WORK ITEM -> Give back the full set of entries exactly, keeping each line intact.

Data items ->
::::

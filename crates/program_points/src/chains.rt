// Edges through nodes, one after another.
ghost use Rattle.std.specs.Prelude.{◌≡◌, ◌++◌, IfOk, OnOk, option_to_list};
ghost use Rattle.program_points.specs.Chosen.{IsNextOf, chosen, pick as pick_of, pieces_of};
ghost use Rattle.program_points.specs.Rows as rows;
ghost use Rattle.program_points.specs.Rows.{head_of};

use crate::file_edge::FileEdge;
use crate::piece::{Piece, Which};
use crate::point::Point;
use std::alloc::AllocError;

/// One edge. The only error here and below is want of memory.
pub(crate) fn add(
    edges: &mut Vec<FileEdge>,
    node: u32,
    from: Point,
    to: Point,
) -> Result<(), AllocError>
    ensures { OnOk result (edges.new.items ≡ edges.old.items ++ rows.edge node from to) }
{
    edges.push(FileEdge { from, to, node })?;
    Ok(())
}

/// The number of a piece, where it is one of those that are meant.
pub(crate) fn pick(which: Which, piece: Piece) -> Option<u32>
    ensures { result ≡ pick_of which piece.entry }
{
    match which {
        Which::Exprs => match piece {
            Piece::Expr(number) => Some(number),
            Piece::Word(_) | Piece::Stmt(_) | Piece::Other(_, _, _) => None,
        },
        Which::Stmts => match piece {
            Piece::Stmt(number) => Some(number),
            Piece::Word(_) | Piece::Expr(_) | Piece::Other(_, _, _) => None,
        },
        Which::Steps => match piece {
            Piece::Expr(number) | Piece::Stmt(number) => Some(number),
            Piece::Word(_) | Piece::Other(_, _, _) => None,
        },
    }
}

// From a point to a piece, where it is meant, and behind it.
fn pass(
    edges: &mut Vec<FileEdge>,
    node: u32,
    from: Point,
    which: Which,
    piece: Piece,
) -> Result<Point, AllocError>
    ensures edges { OnOk result (edges.new.items ≡ edges.old.items
        ++ rows.run node from (option_to_list (pick_of which piece.entry))) }
    ensures last { IfOk result (λ p. p ≡ rows.last_or (option_to_list (pick_of which piece.entry)) from) }
{
    match pick(which, piece) {
        None => Ok(from),
        Some(next) => {
            add(edges, node, from, Point::Before(next))?;
            Ok(Point::After(next))
        }
    }
}

// The point behind a piece, where it is meant, or else the one given.
fn behind_piece(which: Which, piece: Piece, from: Point) -> Point
    ensures { result ≡ rows.last_or (option_to_list (pick_of which piece.entry)) from }
{
    match pick(which, piece) {
        None => from,
        Some(number) => Point::After(number),
    }
}

/// From a point through those of some pieces that are meant; the point behind the last of them, or else the one given.
#[tactic(auto, using(crate::proofs::ChainLemmas::run_piece, crate::proofs::ChainLemmas::last_piece))]
pub(crate) fn run(
    edges: &mut Vec<FileEdge>,
    node: u32,
    from: Point,
    which: Which,
    pieces: &[Piece],
) -> Result<Point, AllocError>
    ensures edges { OnOk result (edges.new.items ≡ edges.old.items
        ++ rows.run node from (chosen which (pieces_of pieces.now))) }
    ensures last { IfOk result (λ p. p ≡ rows.last_or (chosen which (pieces_of pieces.now)) from) }
{
    let mut at = from;
    let mut left = pieces;
    while let [piece, behind @ ..] = left {
        at = pass(edges, node, at, which, *piece)?;
        left = behind;
    }
    Ok(at)
}

/// From a point through those of some pieces that are meant, to a point.
#[tactic(auto, using(crate::proofs::ChainLemmas::chain_after))]
pub(crate) fn chain(
    edges: &mut Vec<FileEdge>,
    node: u32,
    from: Point,
    which: Which,
    pieces: &[Piece],
    to: Point,
) -> Result<(), AllocError>
    ensures { OnOk result (edges.new.items ≡ edges.old.items
        ++ rows.chain node from (chosen which (pieces_of pieces.now)) to) }
{
    let last = run(edges, node, from, which, pieces)?;
    add(edges, node, last, to)?;
    Ok(())
}

/// The point behind the last of those that are meant, or else the one given.
#[tactic(auto, using(crate::proofs::ChainLemmas::last_piece))]
pub(crate) fn last_or(which: Which, pieces: &[Piece], from: Point) -> Point
    ensures { result ≡ rows.last_or (chosen which (pieces_of pieces.now)) from }
{
    let mut at = from;
    let mut left = pieces;
    while let [piece, behind @ ..] = left {
        at = behind_piece(which, *piece, at);
        left = behind;
    }
    at
}

/// From left to right.
pub(crate) fn in_order(
    edges: &mut Vec<FileEdge>,
    node: u32,
    which: Which,
    pieces: &[Piece],
) -> Result<(), AllocError>
    ensures { OnOk result (edges.new.items ≡ edges.old.items
        ++ rows.in_order node (chosen which (pieces_of pieces.now))) }
{
    chain(
        edges,
        node,
        Point::Before(node),
        which,
        pieces,
        Point::After(node),
    )?;
    Ok(())
}

/// The first of those that are meant, and the pieces behind it.
#[tactic(auto, using(crate::proofs::ChainLemmas::chosen_piece))]
pub(crate) fn next_of<'a, 'b>(
    which: Which,
    pieces: &'b [Piece<'a>],
) -> Option<(u32, &'b [Piece<'a>])>
    ensures { IsNextOf which result (chosen which (pieces_of pieces.now)) }
{
    let mut left = pieces;
    while let [piece, behind @ ..] = left {
        if let Some(first) = pick(which, *piece) {
            return Some((first, behind));
        }
        left = behind;
    }
    None
}

/// The first of those that are meant.
#[tactic(auto, using(crate::proofs::ChainLemmas::head_piece))]
pub(crate) fn first_of(which: Which, pieces: &[Piece]) -> Option<u32>
    ensures { result ≡ head_of (chosen which (pieces_of pieces.now)) }
{
    let mut left = pieces;
    while let [piece, behind @ ..] = left {
        if let Some(first) = pick(which, *piece) {
            return Some(first);
        }
        left = behind;
    }
    None
}

/// The point before the first of those that are meant, or else the one given.
#[tactic(auto, using(crate::proofs::ChainLemmas::first_piece))]
pub(crate) fn first_or(which: Which, pieces: &[Piece], to: Point) -> Point
    ensures { result ≡ rows.first_or (chosen which (pieces_of pieces.now)) to }
{
    let mut left = pieces;
    while let [piece, behind @ ..] = left {
        if let Some(first) = pick(which, *piece) {
            return Point::Before(first);
        }
        left = behind;
    }
    to
}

::::

ANSWER BOX ->
filename crates/program_points/src/chains.rt
// Edges through nodes, one after another.
ghost use Rattle.std.specs.Prelude.{◌≡◌, ◌++◌, IfOk, OnOk, option_to_list};
ghost use Rattle.program_points.specs.Chosen.{IsNextOf, chosen, pick as pick_of, pieces_of};
ghost use Rattle.program_points.specs.Rows as rows;
ghost use Rattle.program_points.specs.Rows.{head_of};

use crate::file_edge::FileEdge;
use crate::piece::{Piece, Which};
use crate::point::Point;
use std::alloc::AllocError;

/// One edge. The only error here and below is want of memory.
pub(crate) fn add(
    edges: &mut Vec<FileEdge>,
    node: u32,
    from: Point,
    to: Point,
) -> Result<(), AllocError>
    ensures { OnOk result (edges.new.items ≡ edges.old.items ++ rows.edge node from to) }
{
    edges.push(FileEdge { from, to, node })?;
    Ok(())
}

/// The number of a piece, where it is one of those that are meant.
pub(crate) fn pick(which: Which, piece: Piece) -> Option<u32>
    ensures { result ≡ pick_of which piece.entry }
{
    match which {
        Which::Exprs => match piece {
            Piece::Expr(number) => Some(number),
            Piece::Word(_) | Piece::Stmt(_) | Piece::Other(_, _, _) => None,
        },
        Which::Stmts => match piece {
            Piece::Stmt(number) => Some(number),
            Piece::Word(_) | Piece::Expr(_) | Piece::Other(_, _, _) => None,
        },
        Which::Steps => match piece {
            Piece::Expr(number) | Piece::Stmt(number) => Some(number),
            Piece::Word(_) | Piece::Other(_, _, _) => None,
        },
    }
}

// From a point to a piece, where it is meant, and behind it.
fn pass(
    edges: &mut Vec<FileEdge>,
    node: u32,
    from: Point,
    which: Which,
    piece: Piece,
) -> Result<Point, AllocError>
    ensures edges { OnOk result (edges.new.items ≡ edges.old.items
        ++ rows.run node from (option_to_list (pick_of which piece.entry))) }
    ensures last { IfOk result (λ p. p ≡ rows.last_or (option_to_list (pick_of which piece.entry)) from) }
{
    match pick(which, piece) {
        None => Ok(from),
        Some(next) => {
            add(edges, node, from, Point::Before(next))?;
            Ok(Point::After(next))
        }
    }
}

// The point behind a piece, where it is meant, or else the one given.
fn behind_piece(which: Which, piece: Piece, from: Point) -> Point
    ensures { result ≡ rows.last_or (option_to_list (pick_of which piece.entry)) from }
{
    match pick(which, piece) {
        None => from,
        Some(number) => Point::After(number),
    }
}

/// From a point through those of some pieces that are meant; the point behind the last of them, or else the one given.
#[tactic(auto, using(crate::proofs::ChainLemmas::run_piece, crate::proofs::ChainLemmas::last_piece))]
pub(crate) fn run(
    edges: &mut Vec<FileEdge>,
    node: u32,
    from: Point,
    which: Which,
    pieces: &[Piece],
) -> Result<Point, AllocError>
    ensures edges { OnOk result (edges.new.items ≡ edges.old.items
        ++ rows.run node from (chosen which (pieces_of pieces.now))) }
    ensures last { IfOk result (λ p. p ≡ rows.last_or (chosen which (pieces_of pieces.now)) from) }
{
    let mut at = from;
    let mut left = pieces;
    while let [piece, behind @ ..] = left {
        at = pass(edges, node, at, which, *piece)?;
        left = behind;
    }
    Ok(at)
}

/// From a point through those of some pieces that are meant, to a point.
#[tactic(auto, using(crate::proofs::ChainLemmas::chain_after))]
pub(crate) fn chain(
    edges: &mut Vec<FileEdge>,
    node: u32,
    from: Point,
    which: Which,
    pieces: &[Piece],
    to: Point,
) -> Result<(), AllocError>
    ensures { OnOk result (edges.new.items ≡ edges.old.items
        ++ rows.chain node from (chosen which (pieces_of pieces.now)) to) }
{
    let last = run(edges, node, from, which, pieces)?;
    add(edges, node, last, to)?;
    Ok(())
}

/// The point behind the last of those that are meant, or else the one given.
#[tactic(auto, using(crate::proofs::ChainLemmas::last_piece))]
pub(crate) fn last_or(which: Which, pieces: &[Piece], from: Point) -> Point
    ensures { result ≡ rows.last_or (chosen which (pieces_of pieces.now)) from }
{
    let mut at = from;
    let mut left = pieces;
    while let [piece, behind @ ..] = left {
        at = behind_piece(which, *piece, at);
        left = behind;
    }
    at
}

/// From left to right.
pub(crate) fn in_order(
    edges: &mut Vec<FileEdge>,
    node: u32,
    which: Which,
    pieces: &[Piece],
) -> Result<(), AllocError>
    ensures { OnOk result (edges.new.items ≡ edges.old.items
        ++ rows.in_order node (chosen which (pieces_of pieces.now))) }
{
    chain(
        edges,
        node,
        Point::Before(node),
        which,
        pieces,
        Point::After(node),
    )?;
    Ok(())
}

/// The first of those that are meant, and the pieces behind it.
#[tactic(auto, using(crate::proofs::ChainLemmas::chosen_piece))]
pub(crate) fn next_of<'a, 'b>(
    which: Which,
    pieces: &'b [Piece<'a>],
) -> Option<(u32, &'b [Piece<'a>])>
    ensures { IsNextOf which result (chosen which (pieces_of pieces.now)) }
{
    let mut left = pieces;
    while let [piece, behind @ ..] = left {
        if let Some(first) = pick(which, *piece) {
            return Some((first, behind));
        }
        left = behind;
    }
    None
}

/// The first of those that are meant.
#[tactic(auto, using(crate::proofs::ChainLemmas::head_piece))]
pub(crate) fn first_of(which: Which, pieces: &[Piece]) -> Option<u32>
    ensures { result ≡ head_of (chosen which (pieces_of pieces.now)) }
{
    let mut left = pieces;
    while let [piece, behind @ ..] = left {
        if let Some(first) = pick(which, *piece) {
            return Some(first);
        }
        left = behind;
    }
    None
}

/// The point before the first of those that are meant, or else the one given.
#[tactic(auto, using(crate::proofs::ChainLemmas::first_piece))]
pub(crate) fn first_or(which: Which, pieces: &[Piece], to: Point) -> Point
    ensures { result ≡ rows.first_or (chosen which (pieces_of pieces.now)) to }
{
    let mut left = pieces;
    while let [piece, behind @ ..] = left {
        if let Some(first) = pick(which, *piece) {
            return Point::Before(first);
        }
        left = behind;
    }
    to
}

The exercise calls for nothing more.